Барон одним глотком осушил кубок и подошел к окну. Его недавнюю жертву нигде не было видно, но барон, задумчиво уставившись на то место, куда упал синьор, пробормотал с безжалостной улыбкой:
— Сдается мне, я вижу вмятину на земле. — В этот момент мимо прошла загадочного вида фигура, и барон, глядя ей вслед, невольно подумал: «Интересно, кто бы это мог быть!» — Он долго смотрел в сторону удаляющихся шагов, и в голове его была только одна мысль: «Нет, ну все-таки, интересно, кто бы это мог быть?»
Глава четвертая
Опустилось за горизонт западное солнце, и сумерки уже воровской тенью крались по земле, когда второй раз за день загудела труба, висевшая
— Мистер Мильтон Смит! — Барон поспешно поднялся с кресла, услышав нежеланное имя, и шагнул вперед, чтобы встретить гостя.
— Сердечные поклоны, благородный сэр! — начал прославленный гость напыщенным голосом и тряхнул головой. — Мне случилось услышать ваше имя, и я принял твердое решение посетить вас и узреть до наступления ночи!..
— Что ж, прекрасный сэр, надеюсь, вы удовлетворены зрелищем, — перебил его барон, желая прекратить разговор, которого он не понимал и который был ему не по нраву.
— Оно радует меня; — последовал ответ, — более того, настолько, что я мог бы пожелать продлить удовольствие, ибо присутствует Жизнь и Правда в тех тонах, которые напоминают мне сцены прежних дней...
— В самом деле? — осведомился барон, в значительной степени озадаченный.
— Воистину, — отозвался его собеседник. — И сейчас мне вспоминается, — продолжил он, подходя к окну, — что я также желал посмотреть на окрестности; они прекрасны, не правда ли?
— Очень прекрасные окрестности, — подтвердил барон, добавив про себя: «А я бы желал, чтобы ты находился отсюда подальше!»
Гость несколько минут стоял, задумчиво глядя в окно, после чего произнес, неожиданно повернувшись к барону:
— Вам, должно быть, известно, прекрасный сэр, что я поэт!
— Да что вы? — воскликнул тот. — Умоляю вас, скажите, что же нам теперь делать?
Мистер Мильтон Смит не ответил, но продолжил свои наблюдения:
— Видите, мой гостеприимный хозяин, тот восторженный ореол, что окружает ваш безмятежный луг?
— Живую изгородь, вы имеете в виду? — довольно презрительно заметил барон, подходя к окну.
— Мой ум осязает в сей картине некую границу... и стремление... к... тому, что есть Истина и Красота в Природе, и... и... разве вы не замечаете роскошной безыскусности — я хочу сказать, величественности, от которой прямо чем-то веет... и как бы перемешивается с растительностью — этой, как ее... травой?
— Перемешивается с травой?

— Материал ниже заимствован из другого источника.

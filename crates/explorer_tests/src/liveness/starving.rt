//! How plates starve: with weak fairness alone, and at a standstill.

use cell_liveness::{Progress, explore_progress};
use cell_rules::State;
use cell_types::Machine;

/// One plate, on the feed belt.
const ONE: [bool; 10] = [
    true, false, false, false, false, false, false, false, false, false,
];

/// Six plates, none in the press's arms.
const SIX: [bool; 10] = [
    true, true, true, false, false, false, false, true, true, true,
];

// The circle of an answer, and whether it starves.
fn cycle_of(answer: &Progress) -> &[Machine] {
    match answer {
        Progress::Starves { cycle, .. } => cycle.as_slice(),
        Progress::Within { .. } | Progress::Unknown(_) => &[],
    }
}

#[test]
fn the_robot_goes_round_without_the_press(rt: HostRuntime) {
    let start = State::start(ONE, 0).expect(&rt, "a start");
    let answer = explore_progress(rt.alloc(), &start, None, None).expect(&rt, "memory");
    assert!(rt; cycle_of(&answer) == [Machine::Robot, Machine::Robot, Machine::Robot].as_slice());
}

#[test]
fn a_standstill_starves(rt: HostRuntime) {
    let start = State::start(SIX, 0).expect(&rt, "a start");
    let answer = explore_progress(rt.alloc(), &start, None, Some(Machine::Press)).expect(
        &rt, "memory",
    );
    assert!(rt; cycle_of(&answer).len() == 1);
}
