//! Within how many rounds a plate moves.

use cell_explorer::take_turns;
use cell_liveness::moving::plates_differ;
use cell_rounds::{Rounds, explore_round};
use cell_rules::State;
use cell_types::Machine;

/// One plate, on the feed belt.
const ONE: [bool; 10] = [
    true, false, false, false, false, false, false, false, false, false,
];

/// Four plates: on the feed belt, on the table, in the press and on the deposit belt.
const FOUR: [bool; 10] = [
    true, false, true, false, true, false, false, true, false, false,
];

/// Six plates, none in the press or on the robot.
const SIX: [bool; 10] = [
    true, true, true, false, false, false, false, true, true, true,
];

/// An order along the way of a plate.
const ALONG: [Machine; 6] = [
    Machine::Feed,
    Machine::Table,
    Machine::Robot,
    Machine::Press,
    Machine::Deposit,
    Machine::Crane,
];

/// The other way round.
const AGAINST: [Machine; 6] = [
    Machine::Crane,
    Machine::Deposit,
    Machine::Press,
    Machine::Robot,
    Machine::Table,
    Machine::Feed,
];

/// All turns are the robot's.
const ROBOT: [Machine; 6] = [Machine::Robot; 6];

// What rounds in an order are answered from a start.
fn rounds_of(rt: HostRuntime, plates: [bool; 10], order: [Machine; 6]) -> Option<Rounds> {
    let start = State::start(plates, 0).ok()?;
    explore_round(rt.alloc(), &start, order).ok()
}

// The state after a walk.
fn state_after(rt: HostRuntime, start: &State, way: &[Machine]) -> Option<State> {
    match take_turns(rt.alloc(), start, way) {
        Ok(walk) => Some(walk.end.state),
        Err(_) => None,
    }
}

// The most turns of rounds from a start, one after another, in which no plate moves: by a walk of 240 turns.
fn longest_wait(rt: HostRuntime, plates: [bool; 10], order: [Machine; 6]) -> Option<usize> {
    let start = State::start(plates, 0).ok()?;
    let mut turns = [Machine::Watch; 240];
    let mut before = start;
    let mut wait: usize = 0;
    let mut longest = 0;
    for turn in 0..240usize {
        turns[turn] = order[turn % 6];
        let after = state_after(rt, &start, &turns[..=turn])?;
        wait = if plates_differ(&before, &after) {
            0
        } else {
            wait.saturating_add(1)
        };
        longest = longest.max(wait);
        before = after;
    }
    Some(longest)
}

#[test]
fn one_plate_moves_again_and_again(rt: HostRuntime) {
    let found = rounds_of(rt, ONE, ALONG);
    assert!(rt; found == Some(Rounds::Within(8)));
    let back = rounds_of(rt, ONE, AGAINST);
    assert!(rt; back == Some(Rounds::Within(8)));
}

#[test]
fn four_plates_move_again_and_again(rt: HostRuntime) {
    let found = rounds_of(rt, FOUR, ALONG);
    assert!(rt; found == Some(Rounds::Within(9)));
    let back = rounds_of(rt, FOUR, AGAINST);
    assert!(rt; back == Some(Rounds::Within(8)));
}

// In 47 turns no plate moves, and in one more one does: so within 8 rounds, and no fewer.
#[test]
fn a_walk_waits_as_long(rt: HostRuntime) {
    let one = longest_wait(rt, ONE, ALONG);
    assert!(rt; one == Some(47));
}

#[test]
fn at_a_standstill_rounds_starve(rt: HostRuntime) {
    let found = rounds_of(rt, SIX, ALONG);
    assert!(rt; matches!(found, Some(Rounds::Starves { cycle: 1, .. })));
}

#[test]
fn rounds_of_the_robot_alone_starve(rt: HostRuntime) {
    let found = rounds_of(rt, ONE, ROBOT);
    assert!(rt; found == Some(Rounds::Starves { stem: 1, cycle: 1 }));
}

// Which places are full, by the bits of a number.
fn places_of(number: u32) -> [bool; 10] {
    [
        number & 1 != 0,
        number & 2 != 0,
        number & 4 != 0,
        number & 8 != 0,
        number & 16 != 0,
        number & 32 != 0,
        number & 64 != 0,
        number & 128 != 0,
        number & 256 != 0,
        number & 512 != 0,
    ]
}

// How many starts have one to four plates, and within how many rounds a plate moves from each; `None` if from one
// plates don't go on.
fn every_start(rt: HostRuntime, order: [Machine; 6]) -> Option<(usize, usize)> {
    let mut starts: usize = 0;
    let mut most = 0;
    for number in 1..1024u32 {
        if number.count_ones() > 4 {
            continue;
        }
        let Ok(start) = State::start(places_of(number), 0) else {
            continue;
        };
        starts = starts.saturating_add(1);
        match explore_round(rt.alloc(), &start, order) {
            Ok(Rounds::Within(rounds)) => most = most.max(rounds),
            _ => return None,
        }
    }
    Some((starts, most))
}

#[test]
fn plates_move_from_each_start_with_one_to_four(rt: HostRuntime) {
    let along = every_start(rt, ALONG);
    assert!(rt; along == Some((348, 11)));
    let against = every_start(rt, AGAINST);
    assert!(rt; against == Some((348, 10)));
}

А! вы имеете в виду лютики? — сказал барон. — Да, они создают весьма приятный эффект.
— Простите меня, — промолвил мистер Мильтон Смит, — я имел в виду не это, а... впрочем, пожалуй, мне лучше воспеть это в стихах!
Прелестный луг, дар золотых провинций,
Сияет под лазурным небом,
Где средь фиалок отдыхают...
— «Проходимцы», — подсказал барон.
— Проходимцы?! — повторил поэт, уставившись на него в изумлении.
— Да, проходимцы, бродяги, понимаете ли, цыгане, — холодно пояснил хозяин, — они очень часто спят там на лугу.
Жрец вдохновения пожал плечами и продолжил:
— «Где средь фиалок отдыхают жницы».
— Жницы и вполовину так хорошо не рифмуются, как проходимцы, — возразил барон.